## Description of the task
Every line from the top of the material through the line holding "use std::alloc::Global;" should be copied exactly, and only those lines.
### Information ###
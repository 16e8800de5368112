//! Files of a row. A file is written as its pairs, `KEY=VALUE` each, parted by blanks, and is then the one that `write` makes of
//! them. After a colon come the slots of table 37 instead, the only table that has some: each is `KEY@PLACE`, the hash of a key
//! and the place of a record, or `-`, which is empty. After one more colon comes a change: `PLACE=BYTE` sets a byte, and `cut=SIZE`
//! leaves so many bytes. `zeros` is a header of zeros alone.
use pf_base::{Bytes, List, NoMemory, Pair};
use pf_cdb::{WriteFault, hash, write};
use std::alloc::Global;

/// How many bytes the header has.
const HEADER: u64 = 2048;

/// The table whose slots a row writes.
const TABLE: u64 = 37;

// A pair as a row writes it.
fn pair_of(written: &str) -> (&str, &str) {
    written.split_once('=').unwrap_or((written, ""))
}

/// The pairs of a row, in their order.
pub fn pairs_of(alloc: Global, written: &str) -> Result<List<Pair>, NoMemory> {
    let mut pairs = List::new(alloc);
    for one in written.split(' ') {
        if !one.is_empty() {
            let (key, value) = pair_of(one);
            pairs.push(Pair {
                key: Bytes::from_slice(alloc, key.as_bytes())?,
                value: Bytes::from_slice(alloc, value.as_bytes())?,
            })?;
        }
    }
    Ok(pairs)
}

// Adds a number of four bytes, the least first.
fn add_word(out: &mut Bytes, number: u64) -> Result<(), NoMemory> {
    out.extend(&u32::try_from(number).unwrap_or(0).to_le_bytes())
}

// The records of some pairs.
fn records_of(alloc: Global, written: &str) -> Result<Bytes, NoMemory> {
    let mut records = Bytes::new(alloc);
    for one in written.split(' ') {
        if !one.is_empty() {
            let (key, value) = pair_of(one);
            add_word(&mut records, key.len() as u64)?;
            add_word(&mut records, value.len() as u64)?;
            records.extend_all(&[key.as_bytes(), value.as_bytes()])?;
        }
    }
    Ok(records)
}

// The slots of a row.
fn slots_of(alloc: Global, written: &str) -> Result<Bytes, NoMemory> {
    let mut slots = Bytes::new(alloc);
    for one in written.split(' ') {
        if let Some((key, place)) = one.split_once('@') {
            add_word(&mut slots, u64::from(hash(key.as_bytes())))?;
            add_word(&mut slots, place.parse::<u64>().unwrap_or(0))?;
        } else if !one.is_empty() {
            slots.extend(&[0; 8])?;
        }
    }
    Ok(slots)
}

// Adds a header in which one table has the slots from one place to another.
fn add_header(file: &mut Bytes, at: u64, end: u64) -> Result<(), NoMemory> {
    for table in 0..256 {
        add_word(file, if table <= TABLE { at } else { end })?;
        let bytes = if table == TABLE {
            end.saturating_sub(at)
        } else {
            0
        };
        add_word(file, bytes / 8)?;
    }
    Ok(())
}

// The file of some pairs with slots as they are written.
fn laid_out(alloc: Global, pairs: &str, slots: &str) -> Result<Bytes, NoMemory> {
    let records = records_of(alloc, pairs)?;
    let slots = slots_of(alloc, slots)?;
    let at = HEADER.saturating_add(records.len());
    let mut file = Bytes::new(alloc);
    add_header(&mut file, at, at.saturating_add(slots.len()))?;
    file.extend_all(&[records.as_slice(), slots.as_slice()])?;
    Ok(file)
}

// The bytes with one of them changed.
fn changed(alloc: Global, file: &[u8], at: u64, byte: u8) -> Result<Bytes, NoMemory> {
    let mut bytes = Bytes::new(alloc);
    let mut place: u64 = 0;
    for old in file {
        bytes.push(if place == at { byte } else { *old })?;
        place = place.saturating_add(1);
    }
    Ok(bytes)
}

// The first bytes.
fn cut(alloc: Global, file: &[u8], size: u64) -> Result<Bytes, NoMemory> {
    let mut bytes = Bytes::new(alloc);
    for byte in file {
        if bytes.len() < size {
            bytes.push(*byte)?;
        }
    }
    Ok(bytes)
}

fn changed_as(alloc: Global, file: &[u8], change: &str) -> Result<Bytes, NoMemory> {
    let (what, number) = pair_of(change);
    if what == "cut" {
        cut(alloc, file, number.parse::<u64>().unwrap_or(0))
    } else {
        let at = what.parse::<u64>().unwrap_or(0);
        changed(alloc, file, at, number.parse::<u8>().unwrap_or(0))
    }
}

// The file that `write` makes of the pairs of a row; none where it would be too large.
fn written(alloc: Global, pairs: &str) -> Result<Bytes, NoMemory> {
    match write(alloc, &pairs_of(alloc, pairs)?) {
        Ok(file) => Ok(file),
        Err(WriteFault::TooLarge) => Ok(Bytes::new(alloc)),
        Err(WriteFault::NoMemory) => Err(NoMemory),
    }
}

// A header in which each table is empty and at no place.
fn zeros(alloc: Global) -> Result<Bytes, NoMemory> {
    let mut file = Bytes::new(alloc);
    for _ in 0..HEADER {
        file.push(0)?;
    }
    Ok(file)
}

/// The file of a row.
pub fn file_of(alloc: Global, text: &str) -> Result<Bytes, NoMemory> {
    let Some((pairs, rest)) = text.split_once(':') else {
        return if text == "zeros" {
            zeros(alloc)
        } else {
            written(alloc, text)
        };
    };
    match rest.split_once(':') {
        None => laid_out(alloc, pairs, rest),
        Some((slots, change)) => {
            changed_as(alloc, laid_out(alloc, pairs, slots)?.as_slice(), change)
        }
    }
}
###
## Answer space
repository 16e8800de5368112
//! Files of a row. A file is written as its pairs, `KEY=VALUE` each, parted by blanks, and is then the one that `write` makes of
//! them. After a colon come the slots of table 37 instead, the only table that has some: each is `KEY@PLACE`, the hash of a key
//! and the place of a record, or `-`, which is empty. After one more colon comes a change: `PLACE=BYTE` sets a byte, and `cut=SIZE`
//! leaves so many bytes. `zeros` is a header of zeros alone.
use pf_base::{Bytes, List, NoMemory, Pair};
use pf_cdb::{WriteFault, hash, write};
use std::alloc::Global;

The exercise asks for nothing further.